*Supplied entries*
Content starts
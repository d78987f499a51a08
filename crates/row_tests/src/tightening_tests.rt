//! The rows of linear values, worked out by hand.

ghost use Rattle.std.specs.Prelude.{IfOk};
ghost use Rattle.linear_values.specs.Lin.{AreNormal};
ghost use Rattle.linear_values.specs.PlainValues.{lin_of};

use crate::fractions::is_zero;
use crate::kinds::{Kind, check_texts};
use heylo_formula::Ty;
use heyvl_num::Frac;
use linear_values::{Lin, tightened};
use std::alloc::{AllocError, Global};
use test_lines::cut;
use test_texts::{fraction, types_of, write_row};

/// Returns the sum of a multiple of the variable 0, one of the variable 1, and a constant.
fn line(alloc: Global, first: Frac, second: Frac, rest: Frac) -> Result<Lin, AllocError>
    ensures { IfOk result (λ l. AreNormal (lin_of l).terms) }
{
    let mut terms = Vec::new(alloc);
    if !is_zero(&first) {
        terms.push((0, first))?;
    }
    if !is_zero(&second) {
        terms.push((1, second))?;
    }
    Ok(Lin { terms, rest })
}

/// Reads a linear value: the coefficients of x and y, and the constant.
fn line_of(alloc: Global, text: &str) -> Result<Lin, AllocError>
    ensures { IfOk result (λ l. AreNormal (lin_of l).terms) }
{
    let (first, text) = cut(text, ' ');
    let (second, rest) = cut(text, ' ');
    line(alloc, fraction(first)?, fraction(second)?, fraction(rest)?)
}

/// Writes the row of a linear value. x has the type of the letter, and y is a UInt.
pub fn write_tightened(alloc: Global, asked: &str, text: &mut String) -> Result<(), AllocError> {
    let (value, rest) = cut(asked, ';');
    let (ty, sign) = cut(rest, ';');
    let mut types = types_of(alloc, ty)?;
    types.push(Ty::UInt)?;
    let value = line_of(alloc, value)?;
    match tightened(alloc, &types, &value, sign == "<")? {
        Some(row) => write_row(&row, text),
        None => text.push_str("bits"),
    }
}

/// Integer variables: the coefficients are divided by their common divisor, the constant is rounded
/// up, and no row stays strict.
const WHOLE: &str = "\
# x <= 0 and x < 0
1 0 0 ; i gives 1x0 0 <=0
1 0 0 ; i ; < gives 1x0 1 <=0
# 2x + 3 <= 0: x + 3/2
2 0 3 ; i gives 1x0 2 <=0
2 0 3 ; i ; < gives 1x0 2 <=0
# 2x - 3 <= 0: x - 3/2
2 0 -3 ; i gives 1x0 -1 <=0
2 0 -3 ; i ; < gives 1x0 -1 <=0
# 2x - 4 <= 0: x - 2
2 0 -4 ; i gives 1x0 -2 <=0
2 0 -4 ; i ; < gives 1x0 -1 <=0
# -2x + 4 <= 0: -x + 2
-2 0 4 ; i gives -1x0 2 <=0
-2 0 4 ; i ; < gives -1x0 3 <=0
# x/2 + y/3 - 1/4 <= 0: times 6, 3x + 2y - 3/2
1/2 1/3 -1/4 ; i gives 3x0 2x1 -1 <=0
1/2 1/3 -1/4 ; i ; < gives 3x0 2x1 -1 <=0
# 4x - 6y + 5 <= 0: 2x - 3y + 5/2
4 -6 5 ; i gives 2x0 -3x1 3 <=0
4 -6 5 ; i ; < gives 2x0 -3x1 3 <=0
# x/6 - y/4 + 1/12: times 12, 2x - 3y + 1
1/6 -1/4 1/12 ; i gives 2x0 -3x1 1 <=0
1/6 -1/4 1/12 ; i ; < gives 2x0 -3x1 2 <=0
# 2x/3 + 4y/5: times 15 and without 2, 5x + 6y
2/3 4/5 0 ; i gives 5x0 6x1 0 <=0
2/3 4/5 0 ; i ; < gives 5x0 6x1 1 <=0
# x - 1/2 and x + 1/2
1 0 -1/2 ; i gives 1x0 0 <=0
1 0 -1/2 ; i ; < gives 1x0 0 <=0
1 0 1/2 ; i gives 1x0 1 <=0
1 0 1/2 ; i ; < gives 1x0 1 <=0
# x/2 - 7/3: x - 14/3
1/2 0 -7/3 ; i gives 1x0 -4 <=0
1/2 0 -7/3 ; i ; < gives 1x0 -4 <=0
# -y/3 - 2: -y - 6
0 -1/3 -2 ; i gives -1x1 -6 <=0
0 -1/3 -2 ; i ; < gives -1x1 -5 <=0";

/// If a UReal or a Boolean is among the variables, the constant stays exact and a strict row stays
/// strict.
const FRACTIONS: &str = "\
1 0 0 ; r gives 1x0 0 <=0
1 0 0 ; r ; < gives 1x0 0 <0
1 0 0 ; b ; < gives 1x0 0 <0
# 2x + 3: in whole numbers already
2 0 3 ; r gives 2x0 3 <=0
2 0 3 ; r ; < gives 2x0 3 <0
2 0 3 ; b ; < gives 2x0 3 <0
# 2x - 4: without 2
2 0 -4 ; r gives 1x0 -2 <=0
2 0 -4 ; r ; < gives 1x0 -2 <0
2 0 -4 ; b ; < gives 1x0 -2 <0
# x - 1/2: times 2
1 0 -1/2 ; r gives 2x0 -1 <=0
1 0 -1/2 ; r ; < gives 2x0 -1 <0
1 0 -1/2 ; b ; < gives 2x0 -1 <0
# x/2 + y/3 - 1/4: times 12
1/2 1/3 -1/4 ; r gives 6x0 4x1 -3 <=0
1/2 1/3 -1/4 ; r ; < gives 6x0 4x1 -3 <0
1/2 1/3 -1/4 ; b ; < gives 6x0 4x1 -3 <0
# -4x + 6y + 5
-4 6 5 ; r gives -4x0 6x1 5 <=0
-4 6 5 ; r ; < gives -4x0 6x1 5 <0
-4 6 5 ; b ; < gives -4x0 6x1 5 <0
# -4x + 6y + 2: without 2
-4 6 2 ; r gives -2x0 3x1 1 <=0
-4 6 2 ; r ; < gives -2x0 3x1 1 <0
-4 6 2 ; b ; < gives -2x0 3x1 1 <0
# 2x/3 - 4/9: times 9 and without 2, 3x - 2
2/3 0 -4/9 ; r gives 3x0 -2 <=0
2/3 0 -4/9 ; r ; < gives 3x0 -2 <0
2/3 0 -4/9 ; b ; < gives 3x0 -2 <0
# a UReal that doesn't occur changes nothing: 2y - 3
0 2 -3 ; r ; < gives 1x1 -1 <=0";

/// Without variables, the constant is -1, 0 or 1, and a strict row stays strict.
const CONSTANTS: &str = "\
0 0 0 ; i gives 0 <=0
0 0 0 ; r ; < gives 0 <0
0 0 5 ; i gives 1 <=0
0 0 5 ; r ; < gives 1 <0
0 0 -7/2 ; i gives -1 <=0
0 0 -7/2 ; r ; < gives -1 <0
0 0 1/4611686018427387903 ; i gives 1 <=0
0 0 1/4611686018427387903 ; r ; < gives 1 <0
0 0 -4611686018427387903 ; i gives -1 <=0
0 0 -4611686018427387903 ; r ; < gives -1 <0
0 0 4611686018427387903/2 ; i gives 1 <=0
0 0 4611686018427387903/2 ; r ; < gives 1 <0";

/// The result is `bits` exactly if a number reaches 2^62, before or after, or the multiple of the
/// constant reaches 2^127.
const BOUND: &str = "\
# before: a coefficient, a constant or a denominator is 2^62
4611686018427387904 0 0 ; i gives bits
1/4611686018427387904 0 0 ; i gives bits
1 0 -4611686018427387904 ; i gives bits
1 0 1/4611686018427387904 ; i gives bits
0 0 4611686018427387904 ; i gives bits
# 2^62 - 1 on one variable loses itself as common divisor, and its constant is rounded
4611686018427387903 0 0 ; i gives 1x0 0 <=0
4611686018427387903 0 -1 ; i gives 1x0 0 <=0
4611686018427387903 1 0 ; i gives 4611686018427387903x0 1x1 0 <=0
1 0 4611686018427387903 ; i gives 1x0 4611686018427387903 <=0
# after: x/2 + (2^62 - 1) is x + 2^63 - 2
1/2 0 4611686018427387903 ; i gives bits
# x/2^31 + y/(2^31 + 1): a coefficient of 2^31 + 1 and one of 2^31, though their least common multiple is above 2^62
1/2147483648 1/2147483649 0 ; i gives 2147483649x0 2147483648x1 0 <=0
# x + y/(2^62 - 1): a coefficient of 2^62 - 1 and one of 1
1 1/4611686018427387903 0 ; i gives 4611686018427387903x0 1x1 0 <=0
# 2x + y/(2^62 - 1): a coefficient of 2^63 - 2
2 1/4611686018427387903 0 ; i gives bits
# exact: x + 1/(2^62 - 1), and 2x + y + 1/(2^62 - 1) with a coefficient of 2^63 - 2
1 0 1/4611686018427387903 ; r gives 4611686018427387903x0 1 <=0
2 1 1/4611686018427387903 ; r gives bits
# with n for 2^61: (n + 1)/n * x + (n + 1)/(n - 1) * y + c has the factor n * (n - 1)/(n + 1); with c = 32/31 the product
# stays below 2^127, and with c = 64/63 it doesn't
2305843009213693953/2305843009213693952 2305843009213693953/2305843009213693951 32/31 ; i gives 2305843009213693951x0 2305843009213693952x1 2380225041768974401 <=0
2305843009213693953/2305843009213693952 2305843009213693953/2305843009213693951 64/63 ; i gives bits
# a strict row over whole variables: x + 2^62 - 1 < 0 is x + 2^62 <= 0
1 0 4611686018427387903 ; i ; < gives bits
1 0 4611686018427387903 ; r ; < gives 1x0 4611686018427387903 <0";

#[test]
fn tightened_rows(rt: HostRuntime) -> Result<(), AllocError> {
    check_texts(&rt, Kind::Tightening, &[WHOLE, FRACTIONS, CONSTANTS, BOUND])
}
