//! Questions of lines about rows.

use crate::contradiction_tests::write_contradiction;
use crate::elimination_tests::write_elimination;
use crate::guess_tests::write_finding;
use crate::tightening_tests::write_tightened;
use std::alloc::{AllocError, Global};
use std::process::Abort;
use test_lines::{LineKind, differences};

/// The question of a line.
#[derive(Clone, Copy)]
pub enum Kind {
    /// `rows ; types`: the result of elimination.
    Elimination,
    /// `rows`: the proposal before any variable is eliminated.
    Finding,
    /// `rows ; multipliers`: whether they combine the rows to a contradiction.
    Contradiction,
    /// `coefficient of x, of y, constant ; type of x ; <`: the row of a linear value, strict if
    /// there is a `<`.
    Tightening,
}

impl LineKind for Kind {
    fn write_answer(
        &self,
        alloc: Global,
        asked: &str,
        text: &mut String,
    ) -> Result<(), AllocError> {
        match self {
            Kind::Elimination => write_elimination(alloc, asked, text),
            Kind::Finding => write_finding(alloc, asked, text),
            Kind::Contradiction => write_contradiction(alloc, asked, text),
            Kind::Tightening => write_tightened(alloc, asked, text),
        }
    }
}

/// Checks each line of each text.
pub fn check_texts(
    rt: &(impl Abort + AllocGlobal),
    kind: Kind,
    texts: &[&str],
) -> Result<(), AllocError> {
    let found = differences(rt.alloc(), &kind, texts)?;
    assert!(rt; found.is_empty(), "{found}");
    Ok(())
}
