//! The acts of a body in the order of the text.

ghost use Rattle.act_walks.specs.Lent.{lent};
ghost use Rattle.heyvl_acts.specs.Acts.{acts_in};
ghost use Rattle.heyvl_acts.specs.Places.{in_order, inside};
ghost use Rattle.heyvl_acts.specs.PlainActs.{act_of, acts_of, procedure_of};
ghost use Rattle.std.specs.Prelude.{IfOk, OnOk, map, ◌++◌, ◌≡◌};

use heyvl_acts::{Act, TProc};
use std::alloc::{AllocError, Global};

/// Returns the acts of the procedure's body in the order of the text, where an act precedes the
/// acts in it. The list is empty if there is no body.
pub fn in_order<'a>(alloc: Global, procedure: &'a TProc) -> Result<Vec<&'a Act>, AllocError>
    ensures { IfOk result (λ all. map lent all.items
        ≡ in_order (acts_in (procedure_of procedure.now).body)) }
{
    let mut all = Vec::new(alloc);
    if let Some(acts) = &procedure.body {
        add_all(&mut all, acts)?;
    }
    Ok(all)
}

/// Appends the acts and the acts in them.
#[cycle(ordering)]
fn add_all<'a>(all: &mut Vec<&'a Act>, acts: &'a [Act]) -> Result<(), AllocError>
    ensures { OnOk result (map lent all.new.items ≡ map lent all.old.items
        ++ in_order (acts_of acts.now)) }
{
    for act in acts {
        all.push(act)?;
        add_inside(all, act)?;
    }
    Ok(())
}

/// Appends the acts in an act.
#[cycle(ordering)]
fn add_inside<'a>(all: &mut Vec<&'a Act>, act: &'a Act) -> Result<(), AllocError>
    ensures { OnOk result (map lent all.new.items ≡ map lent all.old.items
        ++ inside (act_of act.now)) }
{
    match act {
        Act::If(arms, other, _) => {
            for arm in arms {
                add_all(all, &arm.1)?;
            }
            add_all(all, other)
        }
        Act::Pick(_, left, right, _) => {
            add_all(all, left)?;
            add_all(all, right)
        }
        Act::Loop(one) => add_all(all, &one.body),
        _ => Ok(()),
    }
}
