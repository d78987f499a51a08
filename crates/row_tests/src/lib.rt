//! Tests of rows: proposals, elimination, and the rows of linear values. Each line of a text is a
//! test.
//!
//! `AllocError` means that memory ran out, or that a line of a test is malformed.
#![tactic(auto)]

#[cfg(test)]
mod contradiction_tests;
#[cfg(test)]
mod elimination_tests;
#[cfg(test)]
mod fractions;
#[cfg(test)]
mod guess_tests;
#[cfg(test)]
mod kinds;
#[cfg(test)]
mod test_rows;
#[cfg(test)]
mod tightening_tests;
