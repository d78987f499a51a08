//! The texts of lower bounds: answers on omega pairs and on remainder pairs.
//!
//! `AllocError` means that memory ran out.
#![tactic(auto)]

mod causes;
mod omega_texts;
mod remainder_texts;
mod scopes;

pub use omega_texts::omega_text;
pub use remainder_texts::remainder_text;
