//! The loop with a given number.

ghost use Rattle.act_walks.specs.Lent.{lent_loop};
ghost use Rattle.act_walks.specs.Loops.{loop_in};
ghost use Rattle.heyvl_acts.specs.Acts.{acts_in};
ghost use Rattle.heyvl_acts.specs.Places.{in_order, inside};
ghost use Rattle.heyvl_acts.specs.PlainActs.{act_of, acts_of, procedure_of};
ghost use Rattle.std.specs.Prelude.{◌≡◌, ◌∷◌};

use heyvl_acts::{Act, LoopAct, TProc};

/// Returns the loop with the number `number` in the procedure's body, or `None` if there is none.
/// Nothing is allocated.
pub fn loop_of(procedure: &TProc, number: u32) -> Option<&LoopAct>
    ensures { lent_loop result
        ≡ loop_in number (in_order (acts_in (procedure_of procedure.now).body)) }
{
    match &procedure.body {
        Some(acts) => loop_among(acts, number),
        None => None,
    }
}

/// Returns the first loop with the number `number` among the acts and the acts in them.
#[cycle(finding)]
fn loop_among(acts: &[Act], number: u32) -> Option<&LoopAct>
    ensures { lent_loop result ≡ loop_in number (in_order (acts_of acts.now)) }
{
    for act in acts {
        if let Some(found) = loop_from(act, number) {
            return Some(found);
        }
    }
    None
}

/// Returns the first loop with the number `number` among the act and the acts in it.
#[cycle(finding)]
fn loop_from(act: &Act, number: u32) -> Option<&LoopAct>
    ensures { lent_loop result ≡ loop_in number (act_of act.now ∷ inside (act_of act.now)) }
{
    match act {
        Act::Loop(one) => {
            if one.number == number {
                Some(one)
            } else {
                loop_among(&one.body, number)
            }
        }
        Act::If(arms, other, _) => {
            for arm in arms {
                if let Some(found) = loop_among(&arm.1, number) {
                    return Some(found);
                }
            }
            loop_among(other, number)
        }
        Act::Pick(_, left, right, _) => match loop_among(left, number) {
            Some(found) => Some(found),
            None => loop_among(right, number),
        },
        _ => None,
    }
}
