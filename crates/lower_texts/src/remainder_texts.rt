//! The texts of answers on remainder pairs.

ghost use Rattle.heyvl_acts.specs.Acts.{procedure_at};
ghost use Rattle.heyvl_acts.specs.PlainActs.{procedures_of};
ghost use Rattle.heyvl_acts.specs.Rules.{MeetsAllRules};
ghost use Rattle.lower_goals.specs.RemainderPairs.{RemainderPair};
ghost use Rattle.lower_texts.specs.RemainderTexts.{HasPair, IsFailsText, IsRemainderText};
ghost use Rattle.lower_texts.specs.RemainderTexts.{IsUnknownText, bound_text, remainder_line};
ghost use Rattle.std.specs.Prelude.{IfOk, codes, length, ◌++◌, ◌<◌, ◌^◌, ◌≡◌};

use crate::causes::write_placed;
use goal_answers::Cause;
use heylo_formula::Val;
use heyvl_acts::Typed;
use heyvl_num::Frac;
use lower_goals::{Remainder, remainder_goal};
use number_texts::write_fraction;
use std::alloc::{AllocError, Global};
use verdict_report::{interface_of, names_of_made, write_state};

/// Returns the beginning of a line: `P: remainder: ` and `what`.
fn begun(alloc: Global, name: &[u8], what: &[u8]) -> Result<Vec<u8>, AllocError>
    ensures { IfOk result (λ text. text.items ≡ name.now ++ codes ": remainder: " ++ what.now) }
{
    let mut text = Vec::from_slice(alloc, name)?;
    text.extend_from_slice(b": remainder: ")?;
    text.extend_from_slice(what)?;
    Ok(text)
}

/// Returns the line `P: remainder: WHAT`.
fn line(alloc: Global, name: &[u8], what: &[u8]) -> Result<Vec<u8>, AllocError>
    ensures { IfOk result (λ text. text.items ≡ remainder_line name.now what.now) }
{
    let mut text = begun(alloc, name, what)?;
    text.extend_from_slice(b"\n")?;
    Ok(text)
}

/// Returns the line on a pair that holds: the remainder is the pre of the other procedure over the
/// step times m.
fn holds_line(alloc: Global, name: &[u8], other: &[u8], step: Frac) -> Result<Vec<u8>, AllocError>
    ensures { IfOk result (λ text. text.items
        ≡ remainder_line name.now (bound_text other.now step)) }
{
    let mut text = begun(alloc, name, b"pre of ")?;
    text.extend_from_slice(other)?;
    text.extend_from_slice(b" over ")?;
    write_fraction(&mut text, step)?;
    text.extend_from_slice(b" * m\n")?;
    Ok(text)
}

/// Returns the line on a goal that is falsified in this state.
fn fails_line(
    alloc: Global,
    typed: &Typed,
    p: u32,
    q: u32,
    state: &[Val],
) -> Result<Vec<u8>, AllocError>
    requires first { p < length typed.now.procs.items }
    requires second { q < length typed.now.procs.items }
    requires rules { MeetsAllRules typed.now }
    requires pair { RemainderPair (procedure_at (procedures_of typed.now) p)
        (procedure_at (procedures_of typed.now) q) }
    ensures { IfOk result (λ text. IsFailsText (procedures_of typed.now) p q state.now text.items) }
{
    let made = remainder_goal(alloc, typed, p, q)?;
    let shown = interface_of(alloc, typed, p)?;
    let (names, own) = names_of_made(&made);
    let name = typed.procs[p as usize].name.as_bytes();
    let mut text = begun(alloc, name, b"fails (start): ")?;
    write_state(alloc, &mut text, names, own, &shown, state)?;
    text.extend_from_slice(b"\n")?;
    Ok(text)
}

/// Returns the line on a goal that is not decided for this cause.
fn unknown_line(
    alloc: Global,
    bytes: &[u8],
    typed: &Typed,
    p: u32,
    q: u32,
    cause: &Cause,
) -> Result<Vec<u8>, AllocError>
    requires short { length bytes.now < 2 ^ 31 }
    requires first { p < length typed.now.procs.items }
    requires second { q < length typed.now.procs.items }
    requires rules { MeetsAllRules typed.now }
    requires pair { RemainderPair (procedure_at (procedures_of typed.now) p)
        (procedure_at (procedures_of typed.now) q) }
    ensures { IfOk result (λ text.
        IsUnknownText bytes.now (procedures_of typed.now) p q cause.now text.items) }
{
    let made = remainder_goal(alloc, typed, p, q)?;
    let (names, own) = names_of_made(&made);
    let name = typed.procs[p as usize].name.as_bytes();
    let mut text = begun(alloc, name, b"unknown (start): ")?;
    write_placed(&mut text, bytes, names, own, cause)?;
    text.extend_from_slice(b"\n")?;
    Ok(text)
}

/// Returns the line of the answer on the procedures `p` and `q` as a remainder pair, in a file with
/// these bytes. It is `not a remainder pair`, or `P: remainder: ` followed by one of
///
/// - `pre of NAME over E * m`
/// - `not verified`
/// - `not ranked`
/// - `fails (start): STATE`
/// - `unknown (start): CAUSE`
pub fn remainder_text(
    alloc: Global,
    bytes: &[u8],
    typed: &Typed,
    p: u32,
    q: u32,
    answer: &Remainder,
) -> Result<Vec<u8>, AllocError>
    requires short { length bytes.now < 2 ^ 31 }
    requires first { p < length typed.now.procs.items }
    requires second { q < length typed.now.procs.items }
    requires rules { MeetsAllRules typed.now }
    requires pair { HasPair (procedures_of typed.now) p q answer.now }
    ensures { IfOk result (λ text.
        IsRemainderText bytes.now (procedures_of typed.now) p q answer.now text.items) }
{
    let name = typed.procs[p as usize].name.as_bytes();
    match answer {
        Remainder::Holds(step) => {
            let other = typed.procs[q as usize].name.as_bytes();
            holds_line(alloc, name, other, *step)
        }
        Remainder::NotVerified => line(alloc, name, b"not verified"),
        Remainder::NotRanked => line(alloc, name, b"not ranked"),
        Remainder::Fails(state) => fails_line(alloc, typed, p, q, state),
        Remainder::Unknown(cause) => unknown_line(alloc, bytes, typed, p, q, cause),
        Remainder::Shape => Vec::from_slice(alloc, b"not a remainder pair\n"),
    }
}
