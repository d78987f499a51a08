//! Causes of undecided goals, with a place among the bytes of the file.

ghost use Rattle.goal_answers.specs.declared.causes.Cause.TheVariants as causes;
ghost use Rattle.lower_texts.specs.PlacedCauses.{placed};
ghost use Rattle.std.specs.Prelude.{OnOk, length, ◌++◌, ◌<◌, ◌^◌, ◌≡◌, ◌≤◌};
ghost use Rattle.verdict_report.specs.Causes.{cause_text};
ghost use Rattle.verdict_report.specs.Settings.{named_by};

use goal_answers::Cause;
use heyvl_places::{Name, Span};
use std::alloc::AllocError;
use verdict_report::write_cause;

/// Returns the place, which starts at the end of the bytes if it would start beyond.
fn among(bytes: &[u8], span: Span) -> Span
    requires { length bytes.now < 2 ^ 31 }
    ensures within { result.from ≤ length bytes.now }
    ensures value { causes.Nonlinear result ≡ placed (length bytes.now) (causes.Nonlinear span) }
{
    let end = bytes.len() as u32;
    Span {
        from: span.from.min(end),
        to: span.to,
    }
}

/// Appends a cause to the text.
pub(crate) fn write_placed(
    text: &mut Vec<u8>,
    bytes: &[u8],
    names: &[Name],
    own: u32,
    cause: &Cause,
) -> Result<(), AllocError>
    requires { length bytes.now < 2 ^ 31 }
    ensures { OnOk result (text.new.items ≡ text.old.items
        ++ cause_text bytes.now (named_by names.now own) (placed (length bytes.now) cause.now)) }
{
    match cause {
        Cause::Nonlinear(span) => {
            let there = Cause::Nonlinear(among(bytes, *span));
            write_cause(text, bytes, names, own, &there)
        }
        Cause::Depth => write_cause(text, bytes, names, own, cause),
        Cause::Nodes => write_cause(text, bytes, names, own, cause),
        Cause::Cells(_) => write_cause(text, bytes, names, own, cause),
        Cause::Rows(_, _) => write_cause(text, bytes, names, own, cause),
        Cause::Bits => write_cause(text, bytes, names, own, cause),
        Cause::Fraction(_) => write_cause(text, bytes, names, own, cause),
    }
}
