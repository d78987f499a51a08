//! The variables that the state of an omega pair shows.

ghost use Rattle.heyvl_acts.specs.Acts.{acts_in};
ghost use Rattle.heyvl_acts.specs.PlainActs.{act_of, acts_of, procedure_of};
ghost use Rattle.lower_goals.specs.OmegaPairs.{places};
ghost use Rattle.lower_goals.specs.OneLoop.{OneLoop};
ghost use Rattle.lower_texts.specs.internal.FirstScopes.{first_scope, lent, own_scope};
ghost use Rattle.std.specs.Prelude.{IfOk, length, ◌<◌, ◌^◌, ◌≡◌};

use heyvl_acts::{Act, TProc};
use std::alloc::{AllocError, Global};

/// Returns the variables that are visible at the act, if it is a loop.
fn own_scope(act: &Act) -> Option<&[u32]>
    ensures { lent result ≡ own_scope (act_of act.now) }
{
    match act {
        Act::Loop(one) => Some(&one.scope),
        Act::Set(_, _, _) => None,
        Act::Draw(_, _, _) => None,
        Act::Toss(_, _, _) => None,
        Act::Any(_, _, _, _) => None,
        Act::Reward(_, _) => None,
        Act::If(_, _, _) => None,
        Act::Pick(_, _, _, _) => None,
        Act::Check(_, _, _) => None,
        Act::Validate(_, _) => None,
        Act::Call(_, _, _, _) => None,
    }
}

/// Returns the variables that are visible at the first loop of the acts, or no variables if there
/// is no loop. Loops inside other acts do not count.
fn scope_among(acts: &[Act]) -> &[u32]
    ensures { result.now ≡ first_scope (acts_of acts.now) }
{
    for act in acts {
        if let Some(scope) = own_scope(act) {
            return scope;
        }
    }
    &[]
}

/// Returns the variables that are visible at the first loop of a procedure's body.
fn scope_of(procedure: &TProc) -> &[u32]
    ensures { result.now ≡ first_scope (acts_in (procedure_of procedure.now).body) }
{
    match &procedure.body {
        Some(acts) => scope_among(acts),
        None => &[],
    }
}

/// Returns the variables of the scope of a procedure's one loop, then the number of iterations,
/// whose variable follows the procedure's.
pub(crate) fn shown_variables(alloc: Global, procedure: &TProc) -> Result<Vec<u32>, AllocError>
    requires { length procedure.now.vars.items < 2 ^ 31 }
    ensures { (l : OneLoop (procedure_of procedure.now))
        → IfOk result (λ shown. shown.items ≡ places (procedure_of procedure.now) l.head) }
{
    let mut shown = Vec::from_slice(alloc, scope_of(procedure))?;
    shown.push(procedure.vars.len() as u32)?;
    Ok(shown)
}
Content ends
*To do*
Count every line in the data that contains the word "rounded", then give that count and nothing else.

*Problem solution*
2